Print exactly the lines from the line with "if j < n && !s.before(self.sas[j])" to the last line of the data, please, both included.

(Collected data entries)
━━━━━━━━━━━━━━━━
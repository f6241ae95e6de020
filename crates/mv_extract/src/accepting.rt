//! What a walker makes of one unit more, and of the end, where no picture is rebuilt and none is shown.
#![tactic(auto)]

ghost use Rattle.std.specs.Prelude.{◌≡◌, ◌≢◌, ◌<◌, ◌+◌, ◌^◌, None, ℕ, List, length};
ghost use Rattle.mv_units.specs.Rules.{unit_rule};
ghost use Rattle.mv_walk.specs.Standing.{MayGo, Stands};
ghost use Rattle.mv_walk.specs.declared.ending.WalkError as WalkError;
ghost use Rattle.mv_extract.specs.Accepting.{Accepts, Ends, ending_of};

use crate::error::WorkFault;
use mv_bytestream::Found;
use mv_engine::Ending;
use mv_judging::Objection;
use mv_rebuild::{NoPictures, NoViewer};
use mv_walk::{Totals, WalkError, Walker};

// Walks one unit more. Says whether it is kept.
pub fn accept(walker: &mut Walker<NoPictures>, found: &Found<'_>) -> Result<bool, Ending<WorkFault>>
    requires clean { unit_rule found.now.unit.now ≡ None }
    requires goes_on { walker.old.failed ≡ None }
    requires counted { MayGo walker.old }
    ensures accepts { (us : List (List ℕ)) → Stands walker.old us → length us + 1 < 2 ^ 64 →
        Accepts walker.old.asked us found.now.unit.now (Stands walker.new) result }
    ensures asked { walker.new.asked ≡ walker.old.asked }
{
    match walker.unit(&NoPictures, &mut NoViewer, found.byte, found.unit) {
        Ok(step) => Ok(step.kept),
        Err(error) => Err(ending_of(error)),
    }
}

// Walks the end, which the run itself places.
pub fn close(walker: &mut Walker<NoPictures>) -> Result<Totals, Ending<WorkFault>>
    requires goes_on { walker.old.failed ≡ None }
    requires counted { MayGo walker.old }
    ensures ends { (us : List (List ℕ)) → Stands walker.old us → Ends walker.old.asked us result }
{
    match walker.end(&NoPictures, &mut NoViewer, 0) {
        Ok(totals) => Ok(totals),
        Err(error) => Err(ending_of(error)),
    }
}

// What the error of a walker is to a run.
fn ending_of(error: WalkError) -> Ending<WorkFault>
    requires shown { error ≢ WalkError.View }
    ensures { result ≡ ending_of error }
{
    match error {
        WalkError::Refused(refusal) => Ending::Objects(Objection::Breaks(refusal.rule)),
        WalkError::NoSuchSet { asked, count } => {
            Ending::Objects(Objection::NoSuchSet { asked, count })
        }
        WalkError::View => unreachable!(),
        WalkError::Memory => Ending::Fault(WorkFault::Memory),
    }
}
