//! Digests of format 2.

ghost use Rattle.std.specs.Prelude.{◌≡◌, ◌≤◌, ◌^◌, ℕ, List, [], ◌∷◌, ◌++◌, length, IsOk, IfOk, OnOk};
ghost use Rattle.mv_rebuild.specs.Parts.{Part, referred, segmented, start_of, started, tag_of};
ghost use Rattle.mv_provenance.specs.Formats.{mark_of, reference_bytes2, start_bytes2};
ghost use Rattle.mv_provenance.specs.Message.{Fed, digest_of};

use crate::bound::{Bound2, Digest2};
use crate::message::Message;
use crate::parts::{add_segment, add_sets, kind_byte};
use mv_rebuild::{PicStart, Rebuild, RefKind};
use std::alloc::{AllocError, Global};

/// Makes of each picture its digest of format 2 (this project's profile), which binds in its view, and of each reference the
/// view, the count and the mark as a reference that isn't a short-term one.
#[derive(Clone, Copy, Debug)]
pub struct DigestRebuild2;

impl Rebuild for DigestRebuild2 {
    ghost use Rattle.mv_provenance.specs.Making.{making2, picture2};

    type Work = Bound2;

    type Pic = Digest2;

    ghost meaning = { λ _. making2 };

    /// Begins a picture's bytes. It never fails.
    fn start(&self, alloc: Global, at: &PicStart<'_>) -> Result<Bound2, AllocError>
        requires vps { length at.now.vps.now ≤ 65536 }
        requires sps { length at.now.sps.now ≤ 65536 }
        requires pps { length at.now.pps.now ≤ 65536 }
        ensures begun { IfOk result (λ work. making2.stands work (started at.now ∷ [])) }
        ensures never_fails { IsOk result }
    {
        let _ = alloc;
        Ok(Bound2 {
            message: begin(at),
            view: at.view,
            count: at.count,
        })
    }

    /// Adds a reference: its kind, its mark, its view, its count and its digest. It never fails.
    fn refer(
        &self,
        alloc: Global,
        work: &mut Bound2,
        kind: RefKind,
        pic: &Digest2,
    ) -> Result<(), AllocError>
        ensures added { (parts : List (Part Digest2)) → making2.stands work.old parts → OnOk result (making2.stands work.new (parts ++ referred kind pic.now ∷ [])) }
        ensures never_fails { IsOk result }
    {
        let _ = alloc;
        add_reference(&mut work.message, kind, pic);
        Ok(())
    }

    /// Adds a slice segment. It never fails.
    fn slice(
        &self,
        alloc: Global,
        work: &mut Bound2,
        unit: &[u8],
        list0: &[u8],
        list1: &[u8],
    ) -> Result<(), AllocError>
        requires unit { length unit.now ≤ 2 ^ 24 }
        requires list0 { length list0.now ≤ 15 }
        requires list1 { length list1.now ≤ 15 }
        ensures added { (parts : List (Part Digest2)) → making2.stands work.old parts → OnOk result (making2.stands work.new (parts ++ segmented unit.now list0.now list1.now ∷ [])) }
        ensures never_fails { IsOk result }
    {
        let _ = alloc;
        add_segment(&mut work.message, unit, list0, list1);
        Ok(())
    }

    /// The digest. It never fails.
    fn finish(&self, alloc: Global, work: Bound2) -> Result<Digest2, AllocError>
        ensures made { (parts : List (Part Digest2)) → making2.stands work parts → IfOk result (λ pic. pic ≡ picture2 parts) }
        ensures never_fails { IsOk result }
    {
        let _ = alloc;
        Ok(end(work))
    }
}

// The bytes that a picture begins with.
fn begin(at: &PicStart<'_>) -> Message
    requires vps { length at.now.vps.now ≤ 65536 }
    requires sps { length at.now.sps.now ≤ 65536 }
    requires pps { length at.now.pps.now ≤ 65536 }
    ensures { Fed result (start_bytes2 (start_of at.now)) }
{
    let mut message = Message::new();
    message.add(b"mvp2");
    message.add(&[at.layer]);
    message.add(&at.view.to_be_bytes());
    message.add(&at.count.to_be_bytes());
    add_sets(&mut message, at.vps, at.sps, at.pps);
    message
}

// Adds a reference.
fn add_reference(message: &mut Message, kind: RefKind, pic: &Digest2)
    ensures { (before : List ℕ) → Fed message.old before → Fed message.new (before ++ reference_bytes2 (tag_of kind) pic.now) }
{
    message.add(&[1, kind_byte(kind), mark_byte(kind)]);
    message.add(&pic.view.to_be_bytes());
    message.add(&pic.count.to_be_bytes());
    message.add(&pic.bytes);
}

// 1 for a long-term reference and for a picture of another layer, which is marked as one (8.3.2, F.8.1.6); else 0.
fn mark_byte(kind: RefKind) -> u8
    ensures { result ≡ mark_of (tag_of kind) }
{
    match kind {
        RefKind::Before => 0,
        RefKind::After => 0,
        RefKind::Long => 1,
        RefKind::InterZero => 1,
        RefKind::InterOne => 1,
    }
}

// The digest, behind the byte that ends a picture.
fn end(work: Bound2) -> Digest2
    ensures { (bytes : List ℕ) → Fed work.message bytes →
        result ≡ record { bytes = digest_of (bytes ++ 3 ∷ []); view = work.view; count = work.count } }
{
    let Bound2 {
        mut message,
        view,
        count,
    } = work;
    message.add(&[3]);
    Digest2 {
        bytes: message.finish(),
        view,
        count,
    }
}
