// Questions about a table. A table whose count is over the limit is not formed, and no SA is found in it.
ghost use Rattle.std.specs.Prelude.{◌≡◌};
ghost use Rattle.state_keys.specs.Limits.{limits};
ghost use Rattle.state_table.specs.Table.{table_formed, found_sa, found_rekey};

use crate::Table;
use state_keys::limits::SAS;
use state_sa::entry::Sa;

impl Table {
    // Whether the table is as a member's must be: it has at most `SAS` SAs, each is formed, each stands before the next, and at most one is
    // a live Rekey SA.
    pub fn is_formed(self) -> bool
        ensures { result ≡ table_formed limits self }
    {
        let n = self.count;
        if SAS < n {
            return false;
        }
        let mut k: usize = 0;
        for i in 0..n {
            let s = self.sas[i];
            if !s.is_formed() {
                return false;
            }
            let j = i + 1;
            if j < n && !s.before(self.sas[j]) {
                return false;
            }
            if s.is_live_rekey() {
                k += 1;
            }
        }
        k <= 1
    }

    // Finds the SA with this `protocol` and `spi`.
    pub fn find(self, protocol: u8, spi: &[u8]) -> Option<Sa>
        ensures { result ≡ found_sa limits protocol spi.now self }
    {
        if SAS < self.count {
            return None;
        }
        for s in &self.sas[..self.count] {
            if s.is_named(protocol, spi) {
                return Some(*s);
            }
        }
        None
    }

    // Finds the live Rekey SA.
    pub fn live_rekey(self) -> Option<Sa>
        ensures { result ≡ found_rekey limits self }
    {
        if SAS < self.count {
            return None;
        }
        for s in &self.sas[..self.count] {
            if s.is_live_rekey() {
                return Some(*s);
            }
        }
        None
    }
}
━━━━━━━━━━━━━━━━
Output below –
            if j < n && !s.before(self.sas[j]) {
                return false;
            }
            if s.is_live_rekey() {
                k += 1;
            }
        }
        k <= 1
    }

    // Finds the SA with this `protocol` and `spi`.
    pub fn find(self, protocol: u8, spi: &[u8]) -> Option<Sa>
        ensures { result ≡ found_sa limits protocol spi.now self }
    {
        if SAS < self.count {
            return None;
        }
        for s in &self.sas[..self.count] {
            if s.is_named(protocol, spi) {
                return Some(*s);
            }
        }
        None
    }

    // Finds the live Rekey SA.
    pub fn live_rekey(self) -> Option<Sa>
        ensures { result ≡ found_rekey limits self }
    {
        if SAS < self.count {
            return None;
        }
        for s in &self.sas[..self.count] {
            if s.is_live_rekey() {
                return Some(*s);
            }
        }
        None
    }
}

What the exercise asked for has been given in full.